= Anand Veeravagu =

American neurosurgeon

Anand Veeravagu is an American neurosurgeon at Stanford University Hospital and Clinics. In 2012, he was selected to serve as a White House Fellow and is focused on innovation in healthcare delivery, traumatic brain injury, mental health and suicide prevention initiatives.

== Education ==
Veeravagu graduated from Grapevine High School in 2001 where he played varsity tennis and competed nationally in policy debate. He subsequently obtained a Bachelor of Science in Biomedical Engineering with a concentration in electrical engineering and a minor in Multicultural and Regional Studies from Johns Hopkins University. He received his Doctor of Medicine from Stanford University, graduating with a concentration in bioengineering. During his senior year of medical school, Veeravagu completed neurosurgical rotations at Stanford University, Mayo Clinic, Johns Hopkins Hospital, and the Barrow Neurological Institute. He then matched and completed his neurological surgery residency at Stanford University.

== Surgical practice ==
After medical school Veeravagu completed his neurosurgical training at Stanford University, where he now practices as an attending neurosurgeon. At the Palo Alto Veterans Hospital, he cared for United States service members returning from Iraq (Operation Iraqi Freedom) and Afghanistan (Operation Enduring Freedom) with traumatic brain and spinal cord injuries. During this time, he was inspired to apply for The White House Fellowship which he eventually completed.
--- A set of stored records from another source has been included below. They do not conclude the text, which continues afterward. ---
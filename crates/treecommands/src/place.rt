// What stands at a place of the table.
ghost use Rattle.std.specs.Prelude.{not, ◌≡◌, ◌<◌};
ghost use Rattle.nodes.specs.Place.{is_group};
ghost use Rattle.model.specs.Layout.{count_in, record_in};
ghost use Rattle.treecommands.specs.Ready.{Ready};

use names::node_is_group;

// Whether the node at a place is a synth.
pub fn is_synth(words: &[u32], at: usize) -> bool
    requires { Ready words.now × (at < count_in words.now) }
    ensures { result ≡ not (is_group (record_in words.now at)) }
{
    !node_is_group(words, at)
}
In 2011, Veeravagu traveled to Uganda where he staffed the CURE Pediatric Neurosurgical Hospital helping care for children with birth-defects, hydrocephalus, spina bifida, and malignant brain tumors. Veeravagu has received over 30 awards for his leadership, research and promotion of healthcare access to underserved populations. In 2012 Veeravagu received the Gold Foundation's Humanism and Excellence in Teaching Award for his commitment to mentorship, training, and physician development.
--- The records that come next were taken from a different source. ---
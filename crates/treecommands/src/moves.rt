// Commands that move a node with all below it.
ghost use Rattle.model.specs.Answers.{done_or};
ghost use Rattle.model.specs.declared.TreeCommand.{TreeCommand};
ghost use Rattle.model.specs.Checks.{beside_checks, into_checks};
ghost use Rattle.treecommands.specs.Ready.{Ready};
ghost use Rattle.treecommands.specs.Steps.{Steps};
ghost use Rattle.treecommands.specs.Sighting.{PairJudged, PairFound};
ghost use Rattle.treecommands.specs.Moving.{move_command, move_checks};

use crate::finish::renew_kept;
use crate::indexing::move_edit;
use crate::place::is_synth;
use layout::{COUNT, NODES, NODES_END};
use names::node_place;
use refusals::Refusal;
use tree::{Position, move_to, place_by, subtree_end};
use values::NodeArgument;
use words::wide;

// "17 .. by argument order": the places of the nodes that two arguments mean.
fn pair_of(
    first: NodeArgument,
    second: NodeArgument,
    words: &[u32],
) -> Result<(usize, usize), Refusal>
    requires { Ready words.now }
    ensures { PairJudged first second words.now result }
{
    let a = node_place(words, first)?;
    let b = node_place(words, second)?;
    Ok((a, b))
}

// The checks of /n_before and /n_after: the places of the node that is moved and of the node that it goes beside.
fn beside(node: NodeArgument, place: NodeArgument, words: &[u32]) -> Result<(usize, usize), Refusal>
    requires { Ready words.now }
    ensures { PairFound (beside_checks node place) node place words.now result }
{
    let (a, b) = pair_of(node, place, words)?;
    if a == 0 || b == 0 {
        return Err(Refusal::WrongKind);
    }
    let count = wide(words[COUNT]);
    if tree::lies_below(&words[NODES..NODES_END], count, b, a) {
        return Err(Refusal::InsideItself);
    }
    Ok((a, b))
}

// The checks of /g_head and /g_tail: the places of the node that is moved and of the group that it goes into.
fn into(group: NodeArgument, node: NodeArgument, words: &[u32]) -> Result<(usize, usize), Refusal>
    requires { Ready words.now }
    ensures { PairFound (into_checks group node) node group words.now result }
{
    let (b, a) = pair_of(group, node, words)?;
    if is_synth(words, b) || a == 0 {
        return Err(Refusal::WrongKind);
    }
    let count = wide(words[COUNT]);
    if tree::lies_below(&words[NODES..NODES_END], count, b, a) {
        return Err(Refusal::InsideItself);
    }
    Ok((a, b))
}

// The checks of the move to a position: the places of the node that is moved and of the one by which it goes.
fn move_places(
    node: NodeArgument,
    position: Position,
    by: NodeArgument,
    words: &[u32],
) -> Result<(usize, usize), Refusal>
    requires { Ready words.now }
    ensures { PairFound (move_checks position node by) node by words.now result }
{
    match position {
        Position::Head | Position::Tail => into(by, node, words),
        Position::Before | Position::After => beside(node, by, words),
    }
}

// A node moved to a position by another.
fn move_node(
    node: NodeArgument,
    position: Position,
    by: NodeArgument,
    words: &mut [u32],
) -> Result<(), Refusal>
    requires { Ready words.old }
    ensures { Steps (move_command position node by) words.old (done_or result) words.new }
{
    let (a, b) = move_places(node, position, by, words)?;
    let count = wide(words[COUNT]);
    let end = subtree_end(&words[NODES..NODES_END], count, a);
    let to = place_by(&words[NODES..NODES_END], count, position, b);
    let edit = move_edit(a, end, to.at);
    move_to(&mut words[NODES..NODES_END], count, a, end, to);
    renew_kept(words, edit, count);
    Ok(())
}

// /n_before
pub fn move_before(
    node: NodeArgument,
    place: NodeArgument,
    words: &mut [u32],
) -> Result<(), Refusal>
    requires { Ready words.old }
    ensures { Steps (TreeCommand.Before node place) words.old (done_or result) words.new }
{
    move_node(node, Position::Before, place, words)
}

// /n_after
pub fn move_after(node: NodeArgument, place: NodeArgument, words: &mut [u32]) -> Result<(), Refusal>
    requires { Ready words.old }
    ensures { Steps (TreeCommand.After node place) words.old (done_or result) words.new }
{
    move_node(node, Position::After, place, words)
}

// /g_head
pub fn move_head(group: NodeArgument, node: NodeArgument, words: &mut [u32]) -> Result<(), Refusal>
    requires { Ready words.old }
    ensures { Steps (TreeCommand.Head group node) words.old (done_or result) words.new }
{
    move_node(node, Position::Head, group, words)
}

// /g_tail
pub fn move_tail(group: NodeArgument, node: NodeArgument, words: &mut [u32]) -> Result<(), Refusal>
    requires { Ready words.old }
    ensures { Steps (TreeCommand.Tail group node) words.old (done_or result) words.new }
{
    move_node(node, Position::Tail, group, words)
}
Veeravagu's surgical interests include brain tumors, vascular malformations, and severe spine deformities.

== Clinical and basic science research ==

Glioblastoma Multiforme is the most common and malignant primary brain tumor in adults, and the focus of Veeravagu's research. He has written extensively on the treatment, management and diagnosis of brain tumors - including the development of a novel treatment in 2008.
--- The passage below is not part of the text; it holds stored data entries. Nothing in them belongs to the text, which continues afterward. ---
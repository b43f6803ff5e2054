// The index after an edit of the table: where the edit takes the nodes, and the index region in place.
// Kept: the table is a run of the lent words with its count beside it (C interface): an edit changes the count and never the run.
ghost use Rattle.std.specs.Prelude.{◌≡◌, ◌++◌, ◌+◌, ◌≤◌, length, take, drop};
ghost use Rattle.words.specs.Parts.{put};
ghost use Rattle.nodes.specs.Table.{rows, numbers};
ghost use Rattle.index.specs.Index.{index_of, put_in};
ghost use Rattle.reindex.specs.Spot.{Reads};
ghost use Rattle.model.specs.Layout.{words_length, index_place, index_words, put_index, node_words, entries_in};
ghost use Rattle.treecommands.specs.Edits.{move_edit};
ghost use Rattle.treecommands.specs.Settle.{Changed, Sifted};

use layout::{COUNT, INDEX, INDEX_END, NODES, NODES_END};
use reindex::{Edit, follow_edit, follow_places, put_entry, spot_of};
use words::wide;

// What a move of the run from the place a up to its end to another place does.
pub fn move_edit(a: usize, end: usize, place: usize) -> Edit
    ensures { result ≡ move_edit a end place }
{
    if place <= a {
        Edit::Swap(place, a, end)
    } else {
        Edit::Swap(a, end, place)
    }
}

// The entry of the new node at a place put in.
fn put_new(words: &mut [u32], count: usize, at: usize)
    requires { (length words.old ≡ words_length) × (Reads (node_words words.old) (entries_in words.old) count × (at ≤ count)) }
    ensures { words.new ≡ put index_place index_words (put_in (numbers (rows (count + 1) (node_words words.old))) at (take count (entries_in words.old)) ++ drop (count + 1) (entries_in words.old)) words.old }
{
    let spot = spot_of(
        &words[NODES..NODES_END],
        &words[INDEX..INDEX_END],
        count,
        at,
    );
    put_entry(&mut words[INDEX..INDEX_END], count, spot, at);
}

// The index, for the table of so many nodes: it was right for the table before the edit.
pub fn renew_index(words: &mut [u32], edit: Edit, count: usize)
    requires { Changed edit count words.old }
    ensures { words.new ≡ put_index (index_of (rows count (node_words words.old))) words.old }
{
    let before = wide(words[COUNT]);
    let left = follow_edit(&mut words[INDEX..INDEX_END], before, edit);
    if let Edit::Put(at, _to) = edit {
        put_new(words, left, at);
    }
}

// The same, where these are the new places of the nodes, and none is new.
pub fn sift_index(words: &mut [u32], places: &[u32], count: usize)
    requires { Sifted places.now count words.old }
    ensures { words.new ≡ put_index (index_of (rows count (node_words words.old))) words.old }
{
    let before = wide(words[COUNT]);
    follow_places(&mut words[INDEX..INDEX_END], before, places);
}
Veeravagu's clinical research employs national databases to evaluate trends in health resource utilization to provide guidelines for policy reform. This extends to understanding the distribution, access, deployment and utilization of high-value healthcare resources. Veeravagu's recent dedication to opioid use and tolerance after spine surgery makes use of national databases to quantify trends and help identify dependence characteristics. Veeravagu has over 50 peer-reviewed manuscripts, book chapters, and articles. Anand has also written for media outlets such as the Huffington Post and The Daily Beast. Anand has also appeared on multiple news networks, including CNN, to discuss issues surrounding America's health.

== White House Fellowship ==

Starting in 2012, Veeravagu is a White House Fellow serving as a Special Assistant to the Secretary of Defense.

== Books ==

Books that profile Anand, his colleagues, and their work include:

- Controversies in Neuro-Oncology: Best Evidence for Brain Tumor Surgery by Alfredo Quinones-Hinojosa and Shaan M. Raza.
- Atlas of Emergency Neurosurgery. Thieme Medical Publishers 2012.
- Schmidek and Sweet: Operative Neurosurgical Techniques 2-Volume Set: Indications, Methods and Results by Alfredo Quinones-Hinojosa.
- Radiosurgery in the Management of Central Nervous System Disease Editors Kleinberg, Rigamonti, Hsu, and Lim.